**LISTED ENTRIES**
━━━━━━━━━━━━━━━━━━━━

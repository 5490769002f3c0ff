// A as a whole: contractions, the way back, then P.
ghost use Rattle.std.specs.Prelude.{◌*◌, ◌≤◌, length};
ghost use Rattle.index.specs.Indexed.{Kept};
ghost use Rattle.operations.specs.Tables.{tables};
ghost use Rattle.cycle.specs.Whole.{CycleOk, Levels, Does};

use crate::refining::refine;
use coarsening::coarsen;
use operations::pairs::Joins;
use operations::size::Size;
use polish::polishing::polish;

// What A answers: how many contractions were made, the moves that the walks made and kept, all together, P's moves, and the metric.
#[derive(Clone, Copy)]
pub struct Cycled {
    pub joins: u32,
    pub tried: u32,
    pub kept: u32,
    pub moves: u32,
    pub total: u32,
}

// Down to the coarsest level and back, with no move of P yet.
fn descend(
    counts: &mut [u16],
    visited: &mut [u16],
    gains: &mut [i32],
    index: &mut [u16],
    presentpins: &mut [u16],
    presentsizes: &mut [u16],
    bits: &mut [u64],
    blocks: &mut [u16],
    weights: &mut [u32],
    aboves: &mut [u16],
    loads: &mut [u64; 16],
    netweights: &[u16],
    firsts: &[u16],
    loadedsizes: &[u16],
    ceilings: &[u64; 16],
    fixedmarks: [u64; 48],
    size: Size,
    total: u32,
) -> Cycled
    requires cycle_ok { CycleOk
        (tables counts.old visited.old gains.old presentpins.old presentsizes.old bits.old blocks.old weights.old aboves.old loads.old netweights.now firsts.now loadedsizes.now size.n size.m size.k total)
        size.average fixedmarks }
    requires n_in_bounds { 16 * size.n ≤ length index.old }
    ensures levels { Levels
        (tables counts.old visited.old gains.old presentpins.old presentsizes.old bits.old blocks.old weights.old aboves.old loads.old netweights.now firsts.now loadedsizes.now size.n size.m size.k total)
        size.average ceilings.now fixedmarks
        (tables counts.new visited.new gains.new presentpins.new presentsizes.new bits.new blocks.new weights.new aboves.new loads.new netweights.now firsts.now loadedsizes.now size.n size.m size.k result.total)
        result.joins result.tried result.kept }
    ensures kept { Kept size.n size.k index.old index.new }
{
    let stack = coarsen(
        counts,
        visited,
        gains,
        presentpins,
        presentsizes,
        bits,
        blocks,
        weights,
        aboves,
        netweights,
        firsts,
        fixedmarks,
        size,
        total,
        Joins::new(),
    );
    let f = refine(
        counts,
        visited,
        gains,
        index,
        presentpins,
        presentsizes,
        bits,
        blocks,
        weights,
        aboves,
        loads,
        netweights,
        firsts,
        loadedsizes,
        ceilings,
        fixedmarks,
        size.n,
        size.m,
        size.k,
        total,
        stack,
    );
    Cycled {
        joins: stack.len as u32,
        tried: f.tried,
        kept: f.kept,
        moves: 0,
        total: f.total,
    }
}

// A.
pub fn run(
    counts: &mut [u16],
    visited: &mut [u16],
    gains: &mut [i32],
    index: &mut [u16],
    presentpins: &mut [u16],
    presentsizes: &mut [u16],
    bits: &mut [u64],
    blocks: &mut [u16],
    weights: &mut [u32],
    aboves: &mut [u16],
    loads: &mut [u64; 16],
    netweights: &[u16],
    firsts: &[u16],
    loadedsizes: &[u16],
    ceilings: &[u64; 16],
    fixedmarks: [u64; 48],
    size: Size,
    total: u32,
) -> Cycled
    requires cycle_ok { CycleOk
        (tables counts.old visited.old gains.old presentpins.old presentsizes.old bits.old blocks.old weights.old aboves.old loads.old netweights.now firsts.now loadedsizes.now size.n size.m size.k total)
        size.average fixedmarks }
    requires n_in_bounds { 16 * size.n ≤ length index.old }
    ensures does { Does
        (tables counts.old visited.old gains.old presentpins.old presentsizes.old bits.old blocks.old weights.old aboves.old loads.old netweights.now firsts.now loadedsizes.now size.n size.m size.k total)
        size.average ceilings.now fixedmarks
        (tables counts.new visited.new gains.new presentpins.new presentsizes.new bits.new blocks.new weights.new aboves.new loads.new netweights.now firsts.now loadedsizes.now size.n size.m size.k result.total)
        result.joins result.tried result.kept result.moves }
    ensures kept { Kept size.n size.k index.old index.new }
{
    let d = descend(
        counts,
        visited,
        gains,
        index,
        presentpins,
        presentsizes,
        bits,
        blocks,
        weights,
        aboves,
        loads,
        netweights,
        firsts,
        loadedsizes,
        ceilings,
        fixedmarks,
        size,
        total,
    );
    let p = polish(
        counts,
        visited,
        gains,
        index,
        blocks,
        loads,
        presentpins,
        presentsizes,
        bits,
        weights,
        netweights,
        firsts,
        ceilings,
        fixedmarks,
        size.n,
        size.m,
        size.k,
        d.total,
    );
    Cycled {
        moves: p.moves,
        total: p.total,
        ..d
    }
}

━━━━━━━━━━━━━━━━━━━━

**TASK STATEMENT**
Quote in full each line from the top of the records above through the line with "use polish::polishing::polish;"; stop after that line.

**ANSWER BOX**
repository 5490769002f3c0ff
// A as a whole: contractions, the way back, then P.
ghost use Rattle.std.specs.Prelude.{◌*◌, ◌≤◌, length};
ghost use Rattle.index.specs.Indexed.{Kept};
ghost use Rattle.operations.specs.Tables.{tables};
ghost use Rattle.cycle.specs.Whole.{CycleOk, Levels, Does};

use crate::refining::refine;
use coarsening::coarsen;
use operations::pairs::Joins;
use operations::size::Size;
use polish::polishing::polish;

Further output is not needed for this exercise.